Just as soon as she's done eating, the rain ends. Well, that's one way of cleaning the merchandise. The gate to her pen opens, and a short, goatish looking thing about two and a half feet tall comes skittering in; it's armed with something that looks a little like a sickle, but the blade's made of electricity. It hisses through the bonds at her ankles, as much burning its way through them as cutting them, and then there's the slightest tap of the weapon against her ankle, both prod and warning.

Every nerve in her body lights on fire - she's never (yet) known agony like this. "Up!" comes the screeching little voice, a lead attached to the bonds at her wrists. Just in case she might think about running, apparently, both warning and bond.


It's hard to balance the NEED to eat, the craving for more, with the sickening lurch of her stomach at the intense, over-ripe taste of her meal. She gags, just a little, but fights past it to gulp down every bite. She's licking her fingers, eyes exposing the cringe at the taste, when the little thing saunters in and frees her feet. She's on the very verge of thanking it when it brushes her ankle with the curved voltage.

She -shrieks.- It's a howl of agony, startled and frightened and utterly unprepared. She convulses, twitching and half-rolling at the electric rage turning her muscles to useless steel. She fights to her feet, once she can, making a noise halfway between a pant and a sob, her eyes wild and her hair stuck to her face by the water so recently chilling her to her core. "<I'M UP! I'm up, please don't, please!>"

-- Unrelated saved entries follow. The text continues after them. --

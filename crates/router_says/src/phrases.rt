//! The phrases, each once. A blank, a stop or the like stands where it is said; what codes mean,
//! and how commands are used, is said by crates of their own.

// Between two of a kind, and behind a width.
pub(crate) const AND: &str = " and ";

pub(crate) const TO: &str = " to ";

pub(crate) const TRACKS: &str = " tracks: ";

pub(crate) const TRACKS_LEGAL: &str = " tracks is legal";

// A file, and what is at fault in it.
pub(crate) const FILE: &str = " file";

pub(crate) const FILE_UNREAD: &str = ": it can't be read";

pub(crate) const FILE_UNWRITTEN: &str = ": it can't be written";

pub(crate) const FILE_STANDARD_OUTPUT: &str = "standard output";

pub(crate) const FILE_CLAUSES: &str = ".cnf";

pub(crate) const FILE_LOG: &str = ".lrat";

pub(crate) const FAULT_NO_KEYWORD: &str = ", no ";

pub(crate) const FAULT_NET: &str = ": net ";

pub(crate) const FAULT_PIN: &str = ", pin ";

pub(crate) const FAULT_PINS: &str = ", pins ";

pub(crate) const FAULT_CLAUSE: &str = ": clause ";

pub(crate) const FAULT_NO_MODEL: &str =
    " has none of its literals; so it is no model of the clauses that encode writes of these \
    files at this width with the same options";

// Tracks that are not alike enough.
pub(crate) const ASYMMETRY_AT: &str = "not symmetric at ";

pub(crate) const ASYMMETRY_SO: &str = ", so ";

pub(crate) const ASYMMETRY_FORBIDS: &str = " can't be used";

pub(crate) const ASYMMETRY_NOT_SUBSET: &str = "the switch block type is not subset";

pub(crate) const ASYMMETRY_OTHER_PATTERN: &str =
    "the switch block type is neither subset nor universal";

pub(crate) const ASYMMETRY_OUTPUTS: &str = "an output pin does not open all of them (Fc_output)";

pub(crate) const ASYMMETRY_INPUTS: &str = "an input pin does not open all of them (Fc_input)";

pub(crate) const ASYMMETRY_PADS: &str = "a pad does not open all of them (Fc_pad)";

pub(crate) const OPTION_PIN: &str = "--pin";

pub(crate) const OPTION_SYMMETRY: &str = "--symmetry";

// A width that has no routing.
pub(crate) const REFUTED_ROUTING: &str = "No routing with ";

pub(crate) const REFUTED_UP_TO: &str = "up to ";

pub(crate) const REACH_WITHIN: &str = " within ";

pub(crate) const REACH_JOINS: &str = " joins of wires";

pub(crate) const LOG_REFUTES: &str = " refutes the clauses of one, ";

pub(crate) const LOG_EACH_REFUTES: &str = ".wK.lrat refutes ";

pub(crate) const LOG_EACH_CLAUSES: &str = ".wK.cnf for each width K.\n";

pub(crate) const LOG_CHECK: &str = "\nTo check that: gafkelam check ";

pub(crate) const LOG_CHECK_LAST: &str = "To check the last: gafkelam check ";

pub(crate) const ROUTE_GIVEN: &str = "\nThis holds for the global route of ";

pub(crate) const ROUTE_OTHERS: &str = ". To look among all of this placement: gafkelam least ";

// A width that is open.
pub(crate) const OPEN_ROUTING: &str = "Whether a routing with ";

pub(crate) const OPEN_LEARNED: &str = " is open: the search learned ";

pub(crate) const OPEN_TIME_OVER: &str = " clauses before its time was over.";

pub(crate) const OPEN_BUDGET_SPENT: &str = " clauses, its budget.";

pub(crate) const TRY_CONFLICTS: &str = "\nTry --conflicts ";

pub(crate) const TRY_SECONDS: &str = "\nTry more --seconds";

pub(crate) const TRY_OR: &str = ", or ";

pub(crate) const TRY_NO_BUDGET: &str = "\nNo greater budget is taken: ";

pub(crate) const TRY_HAND: &str = "hand ";

pub(crate) const TRY_ANOTHER_SOLVER: &str = " to another solver";

pub(crate) const TRY_OTHER_WIDTH: &str = "try another width.";

pub(crate) const TRY_GREATER_WIDTH: &str = "route at a greater width.";

// Rounds that have found no route, and a net that has no way.
pub(crate) const ROUNDS_ROUTE: &str = "Whether there is a route with ";

pub(crate) const ROUNDS_OPEN: &str = " tracks is open: the search found none in ";

pub(crate) const ROUNDS_MADE: &str = " rounds";

pub(crate) const ROUNDS_STOPPED: &str = " before its time was over.";

pub(crate) const ROUNDS_TRY: &str = "\nTry";

pub(crate) const ROUNDS_MORE: &str = " --rounds ";

pub(crate) const ROUNDS_TIME: &str = " more --seconds,";

pub(crate) const ROUNDS_FREE: &str = " --free,";

pub(crate) const ROUNDS_WIDER: &str = " a greater width or";

pub(crate) const ROUNDS_PLACEMENT: &str = " another placement.";

pub(crate) const NO_WAY_ROUTE: &str = "There is no route with ";

pub(crate) const NO_WAY_WHY: &str =
    " tracks: of the net that the first line names, none of the wires that its driver opens leads \
    to one that a sink of it opens, whatever the other nets have.\n";

pub(crate) const NO_WAY_OTHERS: &str =
    "Another width, other boxes or other switch blocks may have a way.";

// How many tracks a cut asks for, or clauses do, and how near that a route came.
pub(crate) const BOUND_ROUTING: &str = "No routing of this placement has fewer than ";

pub(crate) const BOUND_ANY_ROUTE: &str = " tracks, whatever its global route: ";

pub(crate) const BOUND_CROSSING: &str =
    " nets cross the cut that the first line names, and each takes a wire in one of its ";

pub(crate) const BOUND_CELLS: &str =
    " cells.\nThis placement may need more, and another one may do with fewer.";

pub(crate) const LEAST_FOUND: &str =
    " tracks are the least that this placement needs: a route with them was found, and ";

pub(crate) const LEAST_FOR: &str = " for as many, whatever the global route.";

pub(crate) const NEAR_NEEDS: &str = "This placement needs from ";

pub(crate) const NEAR_FOR: &str =
    " for the former, whatever the global route, and a route with the latter was found.\n\
    Whether fewer will do is open.";

pub(crate) const ASKS_CUT: &str = "the cut that the first line names asks";

pub(crate) const ASKS_CLAUSES: &str = "clauses over the cells of a window";

pub(crate) const ASKS_REFUTED: &str = ", refuted by ";

pub(crate) const ASKS: &str = " ask";

// The nets of a window.
pub(crate) const WINDOW_COLUMNS: &str = "\nThe window has the blocks of columns ";

pub(crate) const WINDOW_ROWS: &str = " and rows ";

pub(crate) const WINDOW_ALONE: &str = " By themselves ";

pub(crate) const WINDOW_NETS: &str = " of its nets need as many tracks:";

// What is seen of a width without a search.
pub(crate) const SEEN_CELL: &str = "\nMore nets than there are tracks want the cell";

pub(crate) const SEEN_CROWD: &str =
    "\nUnder subset switch blocks more nets than there are tracks share cells, each with each:";

pub(crate) const SEEN_TRACKLESS: &str = "\nNo track serves the net";

pub(crate) const SEEN_ALONE: &str = " even alone: its pins at";

pub(crate) const SEEN_APART: &str = " open none in common.";

pub(crate) const SEEN_COUNT: &str = "\nWith --count that is shown without a search.";

pub(crate) const SEEN_ORDER: &str =
    "\nTracks may change places here: with --symmetry the search keeps them in one order.";

pub(crate) const SEEN_CHANNEL: &str = " CHAN";

pub(crate) const SEEN_MORE: &str = " more";

// Memory that ran out.
pub(crate) const MEMORY_WIDTHS: &str = "Memory ran out. The widths K of which this run wrote ";

pub(crate) const MEMORY_REFUTED: &str = ".wK.lrat are refuted, and nothing else was found.";

pub(crate) const MEMORY_NOTHING: &str = "Memory ran out, so that nothing was found.";
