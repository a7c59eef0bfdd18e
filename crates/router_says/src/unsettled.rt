//! Words for a search that found no routing.
ghost use Rattle.std.specs.Prelude.{
  ◌≡◌,
  ◌*◌,
  ◌<◌,
  ◌≤◌,
  ◌++◌,
  OnOk,
  decimal,
  min,
  option_map,
  string_bytes,
};
ghost use Rattle.fpga_problem.specs.Files.{names_said};
ghost use Rattle.route_sweep.specs.Names.{numbered_prefix};
ghost use Rattle.router_says.specs.Names.{asked, prefix_of, prefix_said};
ghost use Rattle.router_says.specs.Said.{
  budget_said,
  check_each_said,
  check_one_said,
  claim_said,
  effort_said,
  elsewhere_by,
  elsewhere_said,
  end_said,
  greater_said,
  hand_each_said,
  hand_one_said,
  log_one_said,
  memory_said,
  more_said,
  next_said,
  open_said,
  reach_said,
  refuted_each_said,
  refuted_one_said,
  refuted_said,
  undecided_by,
  undecided_said,
  unroutable_by,
  unroutable_said,
  up_to_said,
  was_stopped,
};
ghost use Rattle.run_outcome.specs.Stopped.{budget_asked};
ghost use Rattle.router_words.specs.Job.{job_said};
ghost use Rattle.router_words.specs.declared.limits.TheConstants.{BUDGET_LIMIT};

use crate::names::{Written, files_written, reach_asked};
use crate::phrases::*;
use fpga_problem::FourNames;
use fpga_types::WIDTH_LIMIT;
use router_words::{BUDGET_LIMIT, Job};
use std::alloc::AllocError;

/// Appends that no routing of this width is legal, what shows it, and of which global route.
pub(crate) fn append_unroutable(
    out: &mut String,
    job: Option<Job<'_>>,
    width: u32,
) -> Result<(), AllocError>
    ensures { OnOk result (string_bytes out.new
        ≡ string_bytes out.old ++ unroutable_said (asked job.entry) width) }
{
    append_refutation(out, files_written(job), reach_asked(job), width)?;
    append_elsewhere(out, job, width)
}

// Appends that this is so of the global route that was given, and what speaks of all routes of the
// placement.
fn append_elsewhere(out: &mut String, job: Option<Job<'_>>, width: u32) -> Result<(), AllocError>
    ensures { OnOk result (string_bytes out.new
        ≡ string_bytes out.old ++ elsewhere_said (asked job.entry) width) }
{
    match job {
        Some(Job::Route(job)) => append_beside(out, job.files, job.search.prefix, width),
        Some(Job::Sweep(job)) => append_beside(out, job.files, job.search.prefix, width),
        _ => Ok(()),
    }
}

fn append_beside(
    out: &mut String,
    files: FourNames<'_>,
    prefix: &str,
    width: u32,
) -> Result<(), AllocError>
    ensures { OnOk result (string_bytes out.new
        ≡ string_bytes out.old ++ elsewhere_by (names_said files.entry) prefix.now width) }
{
    let route = files.route;
    let architecture = files.architecture;
    let netlist = files.netlist;
    let placement = files.placement;
    write!(
        out,
        "{ROUTE_GIVEN}{route}{ROUTE_OTHERS}{architecture} {netlist} {placement} {width} {prefix}"
    )
}

fn append_refutation(
    out: &mut String,
    written: Option<Written<'_>>,
    reach: Option<u32>,
    width: u32,
) -> Result<(), AllocError>
    ensures { OnOk result (string_bytes out.new ≡ string_bytes out.old
        ++ unroutable_by (option_map prefix_said written.entry) reach width) }
{
    append_claim(out, up_to(written), width)?;
    append_reach(out, reach)?;
    append_refuted(out, written, width)?;
    Ok(())
}

// What is claimed, with these words before the width.
fn append_claim(out: &mut String, up_to: &str, width: u32) -> Result<(), AllocError>
    ensures { OnOk result
        (string_bytes out.new ≡ string_bytes out.old ++ claim_said up_to.now width) }
{
    write!(out, "{REFUTED_ROUTING}{up_to}{width}{TRACKS_LEGAL}")
}

// A climb has refuted the lower widths too.
fn up_to(written: Option<Written<'_>>) -> &'static str
    ensures { result.now ≡ up_to_said (option_map prefix_said written.entry) }
{
    match written {
        Some(Written::Each(_)) => REFUTED_UP_TO,
        Some(Written::One(_)) | None => "",
    }
}

// Within how many joins that is, where a reach was given.
fn append_reach(out: &mut String, reach: Option<u32>) -> Result<(), AllocError>
    ensures { OnOk result (string_bytes out.new ≡ string_bytes out.old ++ reach_said reach) }
{
    match reach {
        Some(reach) => write!(out, "{REACH_WITHIN}{reach}{REACH_JOINS}"),
        None => Ok(()),
    }
}

// The files that show it, and how they are checked.
fn append_refuted(
    out: &mut String,
    written: Option<Written<'_>>,
    width: u32,
) -> Result<(), AllocError>
    ensures { OnOk result (string_bytes out.new
        ≡ string_bytes out.old ++ refuted_said (option_map prefix_said written.entry) width) }
{
    match written {
        Some(Written::One(prefix)) => append_one(out, prefix),
        Some(Written::Each(prefix)) => append_each(out, prefix, width),
        None => out.push_str("."),
    }
}

fn append_one(out: &mut String, prefix: &str) -> Result<(), AllocError>
    ensures { OnOk result
        (string_bytes out.new ≡ string_bytes out.old ++ refuted_one_said prefix.now) }
{
    append_log_one(out, prefix)?;
    append_check_one(out, prefix)?;
    Ok(())
}

fn append_log_one(out: &mut String, prefix: &str) -> Result<(), AllocError>
    ensures { OnOk result
        (string_bytes out.new ≡ string_bytes out.old ++ log_one_said prefix.now) }
{
    write!(
        out,
        ": {prefix}{FILE_LOG}{LOG_REFUTES}{prefix}{FILE_CLAUSES}."
    )
}

/// Appends how a log is checked against its clauses.
pub(crate) fn append_check_one(out: &mut String, prefix: &str) -> Result<(), AllocError>
    ensures { OnOk result
        (string_bytes out.new ≡ string_bytes out.old ++ check_one_said prefix.now) }
{
    write!(out, "{LOG_CHECK}{prefix}{FILE_CLAUSES} {prefix}{FILE_LOG}")
}

fn append_each(out: &mut String, prefix: &str, width: u32) -> Result<(), AllocError>
    ensures { OnOk result (string_bytes out.new ≡ string_bytes out.old
        ++ (refuted_each_said prefix.now ++ check_each_said (numbered_prefix prefix.now width))) }
{
    append_refuted_each(out, prefix)?;
    append_check_each(out, prefix, width)?;
    Ok(())
}

fn append_refuted_each(out: &mut String, prefix: &str) -> Result<(), AllocError>
    ensures { OnOk result
        (string_bytes out.new ≡ string_bytes out.old ++ refuted_each_said prefix.now) }
{
    write!(
        out,
        ": {prefix}{LOG_EACH_REFUTES}{prefix}{LOG_EACH_CLAUSES}"
    )
}

fn append_check_each(out: &mut String, prefix: &str, width: u32) -> Result<(), AllocError>
    ensures { OnOk result (string_bytes out.new ≡ string_bytes out.old
        ++ check_each_said (numbered_prefix prefix.now width)) }
{
    out.push_str(LOG_CHECK_LAST)?;
    append_width_name(out, prefix, width)?;
    write!(out, "{FILE_CLAUSES} ")?;
    append_width_name(out, prefix, width)?;
    out.push_str(FILE_LOG)?;
    Ok(())
}

// Appends what the names of the files of a width begin with.
fn append_width_name(out: &mut String, prefix: &str, width: u32) -> Result<(), AllocError>
    ensures { OnOk result
        (string_bytes out.new ≡ string_bytes out.old ++ numbered_prefix prefix.now width) }
{
    write!(out, "{prefix}.w{width}")
}

/// Appends that a width is open, and what can be tried.
pub(crate) fn append_undecided(
    out: &mut String,
    job: Option<Job<'_>>,
    width: u32,
    learned: u64,
) -> Result<(), AllocError>
    ensures { OnOk result (string_bytes out.new
        ≡ string_bytes out.old ++ undecided_said (asked job.entry) width learned) }
{
    let stopped = was_stopped(job, learned);
    append_doubt(
        out,
        files_written(job),
        reach_asked(job),
        stopped,
        width,
        learned,
    )
}

// Whether the search of a job was stopped before its budget was spent.
fn was_stopped(job: Option<Job<'_>>, learned: u64) -> bool
    ensures { result ≡ was_stopped (asked job.entry) learned }
{
    let Some(job) = job else {
        return false;
    };
    learned < budget_asked(job)
}

// How many clauses a search of a job may learn, if it searches so.
fn budget_asked(job: Job<'_>) -> u64
    ensures { result ≡ budget_asked (job_said job.entry) }
{
    match job {
        Job::Route(job) => job.search.conflicts,
        Job::Sweep(job) => job.search.conflicts,
        Job::Core(job) => job.conflicts,
        Job::Trial(job) => job.search.conflicts,
        Job::Encode(_)
        | Job::Decode(_)
        | Job::Check(_)
        | Job::Verify(_)
        | Job::Judge(_)
        | Job::Bound(_)
        | Job::Global(_)
        | Job::Least(_)
        | Job::Gen(_) => 0,
    }
}

fn append_doubt(
    out: &mut String,
    written: Option<Written<'_>>,
    reach: Option<u32>,
    stopped: bool,
    width: u32,
    learned: u64,
) -> Result<(), AllocError>
    ensures { OnOk result (string_bytes out.new ≡ string_bytes out.old
        ++ undecided_by (option_map prefix_said written.entry) reach stopped width learned) }
{
    write!(out, "{OPEN_ROUTING}{width}{TRACKS_LEGAL}")?;
    append_reach(out, reach)?;
    append_open(out, stopped, learned)?;
    append_next(out, written, stopped, width, learned)?;
    Ok(())
}

fn append_open(out: &mut String, stopped: bool, learned: u64) -> Result<(), AllocError>
    ensures { OnOk result
        (string_bytes out.new ≡ string_bytes out.old ++ open_said stopped learned) }
{
    write!(out, "{OPEN_LEARNED}{learned}")?;
    out.push_str(end_said(stopped))?;
    Ok(())
}

// What has ended the search.
fn end_said(stopped: bool) -> &'static str
    ensures { result.now ≡ end_said stopped }
{
    if stopped {
        OPEN_TIME_OVER
    } else {
        OPEN_BUDGET_SPENT
    }
}

// What can be tried next.
fn append_next(
    out: &mut String,
    written: Option<Written<'_>>,
    stopped: bool,
    width: u32,
    learned: u64,
) -> Result<(), AllocError>
    ensures { OnOk result (string_bytes out.new ≡ string_bytes out.old
        ++ next_said (option_map prefix_said written.entry) stopped width learned) }
{
    match written {
        Some(Written::One(prefix)) => append_next_of_one(out, prefix, stopped, learned),
        Some(Written::Each(prefix)) => { append_next_of_each(out, prefix, stopped, width, learned) }
        None => Ok(()),
    }
}

// The same, where the clauses that are left open are of one width.
fn append_next_of_one(
    out: &mut String,
    prefix: &str,
    stopped: bool,
    learned: u64,
) -> Result<(), AllocError>
    ensures { OnOk result (string_bytes out.new ≡ string_bytes out.old
        ++ (effort_said stopped learned ++ hand_one_said prefix.now)) }
{
    append_effort(out, stopped, learned)?;
    write!(
        out,
        "{TRY_HAND}{prefix}{FILE_CLAUSES}{TRY_ANOTHER_SOLVER}{TRY_OR}{TRY_OTHER_WIDTH}"
    )
}

fn append_next_of_each(
    out: &mut String,
    prefix: &str,
    stopped: bool,
    width: u32,
    learned: u64,
) -> Result<(), AllocError>
    ensures { OnOk result (string_bytes out.new ≡ string_bytes out.old
        ++ (effort_said stopped learned
        ++ hand_each_said (numbered_prefix prefix.now width) width)) }
{
    append_effort(out, stopped, learned)?;
    append_hand_each(out, prefix, width)?;
    Ok(())
}

fn append_hand_each(out: &mut String, prefix: &str, width: u32) -> Result<(), AllocError>
    ensures { OnOk result (string_bytes out.new ≡ string_bytes out.old
        ++ hand_each_said (numbered_prefix prefix.now width) width) }
{
    out.push_str(TRY_HAND)?;
    append_width_name(out, prefix, width)?;
    write!(out, "{FILE_CLAUSES}{TRY_ANOTHER_SOLVER}")?;
    append_greater(out, width)?;
    Ok(())
}

// A greater width can be tried, where the words take one.
fn append_greater(out: &mut String, width: u32) -> Result<(), AllocError>
    ensures { OnOk result (string_bytes out.new ≡ string_bytes out.old ++ greater_said width) }
{
    if width < WIDTH_LIMIT {
        return write!(out, "{TRY_OR}{TRY_GREATER_WIDTH}");
    }
    out.push_str(".")
}

// How much more can be tried next: time where the search was stopped, or else a budget.
fn append_effort(out: &mut String, stopped: bool, learned: u64) -> Result<(), AllocError>
    ensures { OnOk result (string_bytes out.new
        ≡ string_bytes out.old ++ effort_said stopped learned) }
{
    if stopped {
        return write!(out, "{TRY_SECONDS}{TRY_OR}");
    }
    append_budget(out, learned)
}

// What budget can be tried next, if the words take a greater one.
fn append_budget(out: &mut String, learned: u64) -> Result<(), AllocError>
    ensures { OnOk result (string_bytes out.new ≡ string_bytes out.old ++ budget_said learned) }
{
    if learned >= BUDGET_LIMIT {
        return out.push_str(TRY_NO_BUDGET);
    }
    append_more(out, greater_budget(learned))
}

// Ten times this budget, but no more than the words take.
fn greater_budget(learned: u64) -> u64
    requires { learned < BUDGET_LIMIT }
    ensures value { result ≡ min (learned * 10) BUDGET_LIMIT }
    ensures within { result ≤ BUDGET_LIMIT }
{
    (learned * 10).min(BUDGET_LIMIT)
}

fn append_more(out: &mut String, budget: u64) -> Result<(), AllocError>
    ensures { OnOk result (string_bytes out.new ≡ string_bytes out.old ++ more_said budget) }
{
    write!(out, "{TRY_CONFLICTS}{budget}{TRY_OR}")
}

/// Appends that memory ran out, and what was shown until then.
pub(crate) fn append_no_memory(out: &mut String, job: Option<Job<'_>>) -> Result<(), AllocError>
    ensures { OnOk result (string_bytes out.new
        ≡ string_bytes out.old ++ memory_said (prefix_of (asked job.entry))) }
{
    append_shown(out, files_written(job))
}

fn append_shown(out: &mut String, written: Option<Written<'_>>) -> Result<(), AllocError>
    ensures { OnOk result (string_bytes out.new
        ≡ string_bytes out.old ++ memory_said (option_map prefix_said written.entry)) }
{
    match written {
        Some(Written::Each(prefix)) => write!(out, "{MEMORY_WIDTHS}{prefix}{MEMORY_REFUTED}"),
        Some(Written::One(_)) | None => out.push_str(MEMORY_NOTHING),
    }
}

The world becomes a blur once she's up on her feet, both from the teers that come to her eyes and the way that her body becomes -- just -- blurry. She's tugged along by the bonds on her hands, the little goatish creature dragging her to what she knows is the auction block.

She has to be dreaming, right? But she knows she's not. She knows she's not. She can't be. What are these things?

A column of fire and smoke sways from one side to the other, humming tunelessly. The sky folds in on itself again, as it did before it rained, just next to that column of flame and blackness. A spiral of gelatinous bubbles burbles in and out in a non-Euclidean fashion. A tall creature of indeterminate gender swathed in ice and electricity speaks -- its mouth opens, at least, and then there's the sound of nothing where sound should be.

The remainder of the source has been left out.